# Show us your stash!!



## xLongLashesx (Nov 3, 2009)

Okies so I thought I'd start it off..

mine are more  pics of how I keep my stuff rather than what I've got cos really I don't have that much.. soon to change though as I'm returning to full time work at my old job in a couple of weeks and ooh the hauling shall begin!

Pics are clickable btw-

This is where I keep all my makeups.. mind the HK fetish.. 

My palettes are kept on the windowsill which will change soon, I woke up the other morning and a sunbeam had hit my mirror and was melting my coastal scents palettes! LOL





First drawer is face stuff- foundations, mineral stuff, lash curlers etc





Second drawer is single eyeshadows, paint pots, bases, shadesticks and stuff waiting to be depotted. This is also where my shadows go to be forgotten about- e/s retirement village if you will





Third drawer is blushes/bronzers, I also have a mac blush palette not pictured. At the back there is my new sigma travel brush roll! love it.

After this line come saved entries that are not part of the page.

// Types that are written with brackets.
ghost use Rattle.std.specs.Prelude.{◌≡◌, ◌<◌, ℕ, List, length, map, Ok, IfOk};
ghost use Rattle.arc_base.specs.Refusal.{Answers, and_then};
ghost use Rattle.nim_types.specs.Types.{Ty, Facts, array};
ghost use Rattle.nim_types.specs.Table.{type_at, AllBelow};
ghost use Rattle.expr_rules.specs.Names.{formed_by, formed_type, length_limit, sized_type};
ghost use Rattle.expr_rules.specs.Names.{array_type, array_by};
ghost use Rattle.expr_rules.specs.Demands.{of_sequences};
ghost use Rattle.expr_parts.specs.View.{Under, Grown, AllFormed, env_of, former_in};
ghost use Rattle.expr_builds.specs.ViewBuilt.{only_one};

use arc_base::{Code, Place, Stop};
use expr_parts::grow::add;
use expr_parts::names::{Former, former_of};
use expr_parts::scope::Scope;
use expr_parts::sizes::is_sized;
use expr_parts::value::refusal;
use expr_rules::MOST_ELEMENTS;
use indent_scanner::normal_form;
use nim_types::{TypeDef, TypeId, TypeTable};
use std::alloc::Global;

fn only_one(given: &[TypeId]) -> Option<TypeId>
    ensures { result ≡ only_one given.now }
{
    match given {
        [one] => Some(*one),
        _ => None,
    }
}

// A sequence of the only type that is given.
fn sequence_type(types: &mut TypeTable, at: Place, given: &[TypeId]) -> Result<TypeId, Stop>
    requires given { AllBelow (length types.old) given.now }
    ensures grown { Grown types.old types.new }
    ensures answers { (ts : List Ty) (facts : Facts) → Under types.new ts facts
        → Answers (type_at ts) (formed_by at of_sequences (map (type_at ts) given.now)) result }
    ensures within { IfOk result (λ id. id < length types.new) }
{
    match only_one(given) {
        Some(of) => add(types, TypeDef::Seq(of)),
        None => Err(refusal(Code::NotTyped, at)),
    }
}

fn formed_by(
    types: &mut TypeTable,
    at: Place,
    former: Former,
    given: &[TypeId],
) -> Result<TypeId, Stop>
    requires given { AllBelow (length types.old) given.now }
    ensures grown { Grown types.old types.new }
    ensures answers { (ts : List Ty) (facts : Facts) → Under types.new ts facts
        → Answers (type_at ts) (formed_by at (former_in former) (map (type_at ts) given.now))
        result }
    ensures within { IfOk result (λ id. id < length types.new) }
{
    match former {
        Former::Sequences => sequence_type(types, at, given),
        Former::Arrays | Former::Nothing => Err(refusal(Code::NotTyped, at)),
    }
}

/// The type of a name with types in brackets.
pub fn formed_type(
    alloc: Global,
    types: &mut TypeTable,
    scope: &Scope,
    at: Place,
    text: &[u8],
    given: Vec<TypeId>,
) -> Result<TypeId, Stop>
    requires given { AllBelow (length types.old) given.items }
    ensures grown { Grown types.old types.new }
    ensures answers { (ts : List Ty) (facts : Facts) → Under types.new ts facts
        → Answers (type_at ts) (formed_type (env_of ts facts scope.now) at text.now
        (map (type_at ts) given.items)) result }
    ensures within { IfOk result (λ id. id < length types.new) }
{
    let name = normal_form(alloc, text)?;
    let former = former_of(scope, name.as_slice());
    formed_by(types, at, former, given.as_slice())
}

// The length of an array, from 1 to the most elements.
fn length_limit(at: Place, len: i32) -> Result<u32, Stop>
    ensures { Answers (λ (n : ℕ). n) (length_limit at len) result }
{
    if len < 1 || len > MOST_ELEMENTS as i32 {
        return Err(refusal(Code::NotTyped, at));
    }
    Ok(len as u32)
}

// An array that isn't too large.
fn sized_array(types: &mut TypeTable, at: Place, len: u32, of: TypeId) -> Result<TypeId, Stop>
    requires of { of < length types.old }
    requires formed { AllFormed types.old }
    ensures grown { Grown types.old types.new }
    ensures answers { (ts : List Ty) (facts : Facts) → Under types.new ts facts
        → Answers (type_at ts) (sized_type facts at (array len (type_at ts of))) result }
    ensures within { IfOk result (λ id. id < length types.new) }
{
    let ty = add(types, TypeDef::Array { len, of })?;
    if !is_sized(types, ty) {
        return Err(refusal(Code::NotTyped, at));
    }
    Ok(ty)
}

fn limited_array(types: &mut TypeTable, at: Place, len: i32, of: TypeId) -> Result<TypeId, Stop>
    requires of { of < length types.old }
    requires formed { AllFormed types.old }
    ensures grown { Grown types.old types.new }
    ensures answers { (ts : List Ty) (facts : Facts) → Under types.new ts facts
        → Answers (type_at ts) (and_then (and_then (length_limit at len)
        (λ n. Ok (array n (type_at ts of)))) (sized_type facts at)) result }
    ensures within { IfOk result (λ id. id < length types.new) }
{
    match length_limit(at, len) {
        Ok(len) => sized_array(types, at, len, of),
        Err(stop) => Err(stop),
    }
}

// An array, where the name makes arrays.
fn array_by(
    types: &mut TypeTable,
    at: Place,
    former: Former,
    len: i32,
    of: TypeId,
) -> Result<TypeId, Stop>
    requires of { of < length types.old }
    requires formed { AllFormed types.old }
    ensures grown { Grown types.old types.new }
    ensures answers { (ts : List Ty) (facts : Facts) → Under types.new ts facts
        → Answers (type_at ts) (and_then (array_by at (former_in former) len (type_at ts of))
        (sized_type facts at)) result }
    ensures within { IfOk result (λ id. id < length types.new) }
{
    match former {
        Former::Arrays => limited_array(types, at, len, of),
        Former::Sequences | Former::Nothing => Err(refusal(Code::NotTyped, at)),
    }
}

/// The type of an array, by its length and the type of its elements.
pub fn array_type(
    types: &mut TypeTable,
    scope: &Scope,
    at: Place,
    len: i32,
    of: TypeId,
) -> Result<TypeId, Stop>
    requires of { of < length types.old }
    requires formed { AllFormed types.old }
    ensures grown { Grown types.old types.new }
    ensures answers { (ts : List Ty) (facts : Facts) → Under types.new ts facts
        → Answers (type_at ts) (array_type (env_of ts facts scope.now) at len (type_at ts of))
        result }
    ensures within { IfOk result (λ id. id < length types.new) }
{
    array_by(types, at, former_of(scope, b"array"), len, of)
}
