// The code of a machine, decoded ahead of its run.
ghost use Rattle.std.specs.Prelude.{◌≡◌, IfOk, IfSome, length};
ghost use Rattle.rv32_isa.specs.Table.{IsOf, AreDecoded};

use crate::act::number;
use crate::instr::{Instr, decode};
use crate::micro_op::Size;
use arc_base::Memory;
use std::alloc::Global;

// An instruction of the code, and its word.
#[derive(Clone, Copy)]
pub(crate) struct Decoded {
    pub(crate) instr: Instr,
    pub(crate) word: u32,
}

// The instruction of four bytes, if their word is one.
fn instr_of(bytes: &[u8]) -> Option<Decoded>
    requires { length bytes.now ≡ 4 }
    ensures { IfSome result (λ d. IsOf bytes.now d) }
{
    let word = number(bytes, Size::Word);
    match decode(word) {
        Some(instr) => Some(Decoded { instr, word }),
        None => None,
    }
}

// The instructions of the code, one after another.
pub(crate) fn table_of(alloc: Global, code: &[u8]) -> Result<Vec<Option<Decoded>>, Memory>
    ensures { IfOk result (λ table. AreDecoded code.now table.items) }
{
    let count = code.len() / 4;
    let mut table = Vec::with_capacity(alloc, count)?;
    while table.len() < count {
        let at = 4 * table.len();
        table.push(instr_of(&code[at..at + 4]))?;
    }
    Ok(table)
}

And the fourth drawer is my lip products. I actually have an extensive lipsmacker collection everywhere else in my house and car other than this drawer, if I put them all in there they'd fill a little basket on their own.





And the last two drawers aren't worth seeing, just backups and swap paraphenalia. My brushes are on the white stand next to the drawer units I counted them the other day and realised I had something like 47. Yeah um.. time to stop buying brushes!


Well you've seen mine, now show me yours!


----------



## simplyenchantin (Nov 3, 2009)

Awesome Sal!! I really like your drawers, where did you get them?


----------



## xLongLashesx (Nov 3, 2009)

They're Aneboda bedside tables from Ikea. My BF was pissed bc I took both of them and pushed them together so he has nothing to put his books on! 

Eh my MU takes priority


----------



## aussiemacluvrrr (Nov 3, 2009)

Ok so here are some pics of my MAC stash that I took late last night... Excuse the crappy carpet :S

All pics are clickable...  
	

	
	
		
		

		
		
	


	




I have been collecting since Hello Kitty came out this year, so I think that was around March... Not bad I think 
	

	
	
		
		

		
		
	


	




Umm I didnt take photos of my brushes, and I forgot to include my Dsquared stuff which was in my handbag (sculpt powder, 165 brush and feline).... Pics are also missing some holiday palettes which still haven't arrived... (I'm so impatient )

I'll try and post some images of all my other makeup soon.... 

Hope you enjoy 
	

	
	
		
		

		
		
	


	





All my eyeshadows....




Other eye products....




My pride and joy, my blushes 
	

	
	
		
		

		
		
	


	







My small collection of face products....




Lipglosses....




My lovely lippies....


----------



## MrsMay (Nov 3, 2009)

dear god my stash is waaaaaaaay too big to put in this thread lol - it would take up a HUGE amount of room!!  When I have it organised properly though I will just take some general pics to give you all some idea of how it's set out


----------



## simplyenchantin (Nov 3, 2009)

This is all motivating me to take pics of everything!! I only have some pix from months and months ago hehe.


----------



## sambibabe (Nov 3, 2009)

Man, Sal and Carina - you guys have huuuuuge stash!!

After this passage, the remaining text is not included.